All of this might help identify a broken connection earlier, but it still won't guarantee that the data was received and processed by the server. The only sure way to know that the application has processed your message is with an application level response.
I tried without the sleep function (just to make sure it wasn't putting on hold anything) and still no luck:
#!/usr/bin/env ruby
require 'rubygems'
require 'socket'
require 'activesupport' # Fixnum.seconds
sock = TCPSocket.new('127.0.0.1', 5443)
sock.sync = true
will_restart_at = Time.now + 2.seconds
should_continue = true
while should_continue
if will_restart_at <= Time.now
will_restart_at = Time.now + 2.seconds
begin
count = sock.write("ABCD ")
puts "Wrote #{count} bytes"
rescue Exception => myException
puts "Exception rescued : #{myException}"
should_continue = false
end
end
end
I analyzed with Wireshark and the two solutions are exactly behaving identically.
I think (and can't be sure) that until you actually call your_socket.write (which will not fail as the socket is still opened because you weren't probing for its possible destruction), the socket won't raise any error.
I tried to simulate this with nginx and manual TCP sockets. And look at that:
irb> sock = TCPSocket.new('127.0.0.1', 80)
=> #<TCPSocket:0xb743b824>
irb> sock.write("salut")
=> 5
irb> sock.read
=> "<html>\r\n<head><title>400 Bad Request</title></head>\r\n<body>\r\n</body>\r\n</html>\r\n"
# Here, I kill nginx
irb> sock.write("salut")
=> 5
irb> sock.read
=> ""
irb> sock.write("salut")
Errno::EPIPE: Broken pipe
So what's the conclusion from here?

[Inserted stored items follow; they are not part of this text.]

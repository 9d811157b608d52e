//! What stands on the disks of a group at which nothing is under way: usable copies are even, no fresh copy is left
//! behind, and what group commands leave of that.
#![tactic(auto)]

mod laws;

pub use laws::{
    behind_stays, cleaning_follows, copies_serve, even_stays, marks_follow, pairs_rest,
};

Unless you're actually expecting some data from the server, you're screwed to detect that you've lost the connection :)
To detect a gracefully close, you'll have to read from the socket - read returning 0 indicates the socket has closed.
If you do need know if data got sent successfully though, there's no way other than implementing ACKs of the data at the application level.